# Good evening



## Uncle Fred (Aug 27, 2007)

Hi, I am an old-time monster freak. I grew up with Famous Monsters of Filmland and late-night b&w horror movies on the TV.

A while back, I volunteered at a local haunted house, built sets, did make-up and of course acted in the rooms as various frightening characters.

Right now, I am making a short fan film with some friend and I have some questions about prop construction.

Happy Nightmares!


----------



## slimy (Jul 12, 2006)

Happy Nightmares back at you.


Lots of prop building questions answered in this place.

You will like it here.


----------



## Front Yard Fright (Dec 23, 2005)

Welcome to the forum!
I'm sure all of your prop building questions will be answered here!
.


----------



## HalloweenZombie (Jul 22, 2007)

Is that Uncle Fred as in Good Ghouls Gone Bad Uncle Fred? Cool name.

I'm sure you'll get what you are looking for here. Just be careful what you ask for. Mwahahahaha.

Welcome aboard.


----------



## pyro (Oct 7, 2006)

hello & welcome


----------



## Lagrousome (Apr 12, 2007)

Welcome to the forum UF!!


----------



## Frighteners Entertainment (Jan 24, 2006)

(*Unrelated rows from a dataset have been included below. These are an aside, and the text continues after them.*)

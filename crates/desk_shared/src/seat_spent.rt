use thiserror::Error;

/// A seat has made all its calls.
#[derive(Clone, Copy, Debug, PartialEq, Eq, Error)]
#[error("the seat has made all its calls")]
pub struct SeatSpent;
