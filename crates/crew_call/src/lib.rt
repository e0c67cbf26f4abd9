//! Crew calls: two vacancies that are called as one outcome, decided from entries alone.
#![tactic(auto)]

mod crew;
mod crew_outcome;
mod heard;
mod laws;
#[cfg(test)]
mod tests;

pub use crew::Crew;
pub use crew_outcome::CrewOutcome;
pub use laws::{what_an_outcome_says, who_ended_an_offer};
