use crate::Desk;
use call_history::Book;
use desk_model::DeskCore;
use turn_gate::Seat;

/// Fewer seats were given than the desk was made with: the desk and the seats, as they were.
#[derive(Drop)]
pub struct SeatsMissing<C: DeskCore> {
    /// The desk.
    pub desk: Desk<C>,
    /// The seats that were given.
    pub seats: Vec<Seat<Book<C>>>,
}
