use crate::TooFew;
use crate::shown_book::ShownBook;
use board_window::Showing;
use call_history::Steps;
use crew_call::CrewOutcome;
use desk_model::Entry;
use turn_gate::Seat;

/// What came of a crew call of a desk with windows, and the seat that made it.
pub struct CrewCalled<B: Steps> {
    /// The seat.
    pub seat: Seat<ShownBook<B>>,
    /// Its entries in their order, at the front.
    pub entries: [Option<Entry>; 3],
    /// What came of it.
    pub outcome: Result<CrewOutcome, TooFew>,
    /// What the wall shows after the last of them; `None` where one of them isn't told as kept, or no call was made.
    pub showing: Option<Showing>,
}
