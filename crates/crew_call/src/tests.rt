//! What crew calls ask and come to, by entries that are made here.
use crate::{Crew, CrewOutcome};
use desk_base::{Code, Minute, PersonNo, VacNo};
use desk_model::{Cmd, Entry, Reply};
use std::test::Fail;

// An offer to this person, from the first place of P1.
fn offered(person: u32) -> Option<Reply> {
    let person = PersonNo::new(person)?;
    let board = Code::read(b"P1")?;
    Some(Reply::Offered {
        person,
        board,
        position: 1,
    })
}

// What is asked gets this reply; the command that was asked.
fn reply(crew: &mut Crew, at: Minute, reply: Reply) -> Option<Cmd> {
    match crew.ask() {
        Some(stated) => {
            crew.hear(&Entry::new(1, stated, at, reply));
            Some(*stated.cmd())
        }
        None => None,
    }
}

// A call of 1 and 2, of whom 1 is offered to 101, and 2 to nobody; the withdrawal gets this reply.
fn ends(at: Minute, last: Reply) -> Option<Crew> {
    if !at.is_in_years() {
        return None;
    }
    let vac = VacNo::new(1)?;
    let second = VacNo::new(2)?;
    let person = PersonNo::new(101)?;
    let offer = offered(101)?;
    let mut crew = Crew::new(at, vac, second);
    let first_asked = reply(&mut crew, at, offer)?;
    let second_asked = reply(&mut crew, at, Reply::Unfilled { listed: 1 })?;
    let open = crew.outcome().is_none();
    let last_asked = reply(&mut crew, at, last)?;
    let is_first = first_asked == Cmd::Next { vac };
    let is_second = second_asked == Cmd::Next { vac: second };
    let is_last = last_asked == Cmd::Withdraw { vac, person };
    if is_first && is_second && open && is_last {
        Some(crew)
    } else {
        None
    }
}

#[test]
fn what_the_last_reply_makes_of_the_first_offer(rt: HostRuntime) -> Result<(), Fail> {
    let at = Minute::read(b"2024-03-04 00:04").ok_or("no minute")?;
    let vac = VacNo::new(1).ok_or("no number")?;
    let person = PersonNo::new(101).ok_or("no number")?;
    let crew = ends(at, Reply::NoOffer).ok_or("another course")?;
    let between = CrewOutcome::Between { vac, person };
    assert_eq!(rt; (crew.ask(), crew.outcome()), (None, Some(between)));
    let vac = VacNo::new(2).ok_or("no number")?;
    let reply = Reply::Unfilled { listed: 1 };
    let crew = ends(at, Reply::Done).ok_or("another course")?;
    let neither = CrewOutcome::Neither { vac, reply };
    assert_eq!(rt; (crew.ask(), crew.outcome()), (None, Some(neither)));
    let [first, second, third] = crew.entries();
    assert!(rt; first.is_some() && second.is_some() && third.is_some());
    Ok(())
}
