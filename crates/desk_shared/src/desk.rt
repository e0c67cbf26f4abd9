ghost use Rattle.std.specs.Prelude.{◌≡◌, ◌≢◌, ◌+◌, ◌*◌, ◌<◌, ◌≤◌, length, IfOk, IfErr};
ghost use Rattle.std.specs.List.{All};
ghost use Rattle.turn_gate.specs.Told.{told, start_of, IsBookOf};
ghost use Rattle.turn_gate.specs.Seats.{IsSeatOf, new_seats};
ghost use Rattle.turn_gate.specs.Turns.{Knows};
ghost use Rattle.desk_shared.specs.Calls.{Calls};

use crate::{Called, Receipt, SeatSpent, SeatsMissing};
use call_history::Book;
use desk_base::NoMemory;
use desk_model::{Booked, DeskCore, LAST_CALLER, Stated};
use std::alloc::Global;
use std::marker::Model;
use std::sync::Wait;
use turn_gate::{Gate, Lasting, Seat, what_one_entry_more_makes_known};

/// A desk that callers share. Each has a seat, and the calls of all seats are one history.
#[derive(Drop)]
pub struct Desk<C: DeskCore> {
    gate: Gate<Book<C>>,
}

impl<C: DeskCore> Model for Desk<C> {
    ghost use Rattle.std.specs.Prelude.{◌≤◌};
    ghost use Rattle.turn_gate.specs.Told.{end};
    ghost use Rattle.turn_gate.specs.Seats.{GateValue};

    ghost Value = { GateValue };

    ghost view = { λ desk. desk.gate };

    // the book has room for all calls
    ghost invariant = { λ desk. end desk.gate.start ≤ desk.gate.start.book.room };
}

impl<C: DeskCore> Desk<C> {
    /// A desk over a book, with 1 to 63 seats and so many calls of each, for all of which the book has room; `NoMemory` where there
    /// is none for the seats. The seats have the numbers from 1 on.
    pub fn new(
        alloc: Global,
        book: Book<C>,
        seats: u8,
        quota: u32,
    ) -> Result<(Desk<C>, Vec<Seat<Book<C>>>), NoMemory>
        requires some { 1 ≤ seats }
        requires most { seats ≤ LAST_CALLER }
        requires calls { 1 ≤ quota }
        requires room { length (⟦<Book<C> as Booked>⟧.history book).entries + seats * quota
            ≤ ⟦<Book<C> as Booked>⟧.room book }
        ensures start { IfOk result (λ made. made.0.start ≡ start_of seats quota
            (told ⟦<Book<C> as Booked>⟧.history ⟦<Book<C> as Booked>⟧.room ⟦<Book<C> as Booked>⟧.mark ⟦<Book<C> as Lasting>⟧.sure book)) }
        ensures seats { IfOk result (λ made. made.1.items ≡ new_seats made.0 1 seats) }
        ensures each { IfOk result (λ made. All (IsSeatOf made.0) made.1.items) }
    {
        book.is_legal();
        match Gate::new(alloc, book, seats, quota) {
            Ok((gate, seats)) => Ok((Desk { gate }, seats)),
            Err(_book) => Err(NoMemory),
        }
    }

    /// Waits for the seat's turn, and answers what is stated: the entry's caller is the seat's number. `SeatSpent` where the seat
    /// has made all its calls; then nothing is answered.
    pub fn call<R: Wait>(&self, rt: &R, seat: Seat<Book<C>>, stated: Stated) -> Called<C>
        requires { IsSeatOf self.now seat }
        ensures receipt { IfOk result.outcome
            (λ receipt. Calls self.now.start.book.opening seat result.seat stated receipt) }
        ensures not_spent { IfOk result.outcome (λ receipt. seat.calls < self.now.start.quota) }
        ensures spent { IfErr result.outcome
            (λ spent. (result.seat ≡ seat) × (seat.calls ≡ self.now.start.quota)) }
        ensures seat { IsSeatOf self.now result.seat }
    {
        what_one_entry_more_makes_known();
        match self.gate.take(rt, seat) {
            Ok((turn, mut book)) => {
                let place = turn.place();
                let Ok(entry) = book.step(turn.seat_no(), stated) else {
                    unreachable!()
                };
                book.is_legal();
                Called {
                    seat: self.gate.give(turn, book),
                    outcome: Ok(Receipt { place, entry }),
                }
            }
            Err(spent) => Called {
                seat: spent.seat,
                outcome: Err(SeatSpent),
            },
        }
    }

    /// How many calls a seat has still to make.
    pub fn left(&self, seat: &Seat<Book<C>>) -> u32
        requires { IsSeatOf self.now seat.now }
        ensures { seat.now.calls + result ≡ self.now.start.quota }
    {
        self.gate.left(seat)
    }

    /// The book, where all seats are given; `SeatsMissing` where fewer are given than were made, and then nothing changes.
    pub fn close(self, seats: Vec<Seat<Book<C>>>) -> Result<Book<C>, SeatsMissing<C>>
        requires { All (IsSeatOf self) seats.items }
        ensures book { IfOk result (λ book. IsBookOf self.start
            (told ⟦<Book<C> as Booked>⟧.history ⟦<Book<C> as Booked>⟧.room ⟦<Book<C> as Booked>⟧.mark ⟦<Book<C> as Lasting>⟧.sure book)) }
        ensures known { IfOk result (λ book. All (Knows (⟦<Book<C> as Booked>⟧.history book).entries) seats.items) }
        ensures all { IfOk result (λ book. self.start.seats ≤ length seats.items) }
        ensures missing { IfErr result (λ missing. (missing.desk ≡ self) × (missing.seats ≡ seats)
            × (length seats.items < self.start.seats)) }
    {
        let Desk { gate } = self;
        match gate.close(seats) {
            Ok(book) => Ok(book),
            Err(short) => Err(SeatsMissing {
                desk: Desk { gate: short.gate },
                seats: short.seats,
            }),
        }
    }
}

Nice to have you here Uncle Fred!


----------



## Ghostess (Aug 21, 2005)

Welcome to the fun!


----------



## Wyatt Furr (Jun 5, 2006)

Welcome and Howdy,Fred


----------



## NickG (Sep 12, 2006)

welcome to the forum


----------



## Uncle Fred (Aug 27, 2007)

HalloweenZombie said:


> Is that Uncle Fred as in Good Ghouls Gone Bad Uncle Fred? Cool name.
> 
> I'm sure you'll get what you are looking for here. Just be careful what you ask for. Mwahahahaha.
> 
> Welcome aboard.


I don't know any Good Ghouls or any other Uncle Fred. If you'd like to introduce me.... :jol:


----------



## Death's Door (Mar 22, 2006)

Hello and welcome to the forum Uncle Fred.


----------



## Lilly (Jun 13, 2006)

Welcome Unky...
Ok HZ give up the goods!!


----------



## Big Howlin (Jul 15, 2006)

Velcome.


----------



## Ghoulbug (Apr 24, 2007)

welcome to the forum Uncle Fred.


----------



## turtle2778 (Jul 9, 2006)

Hello and Welcome UF...I hope you like it here. Have fun.


----------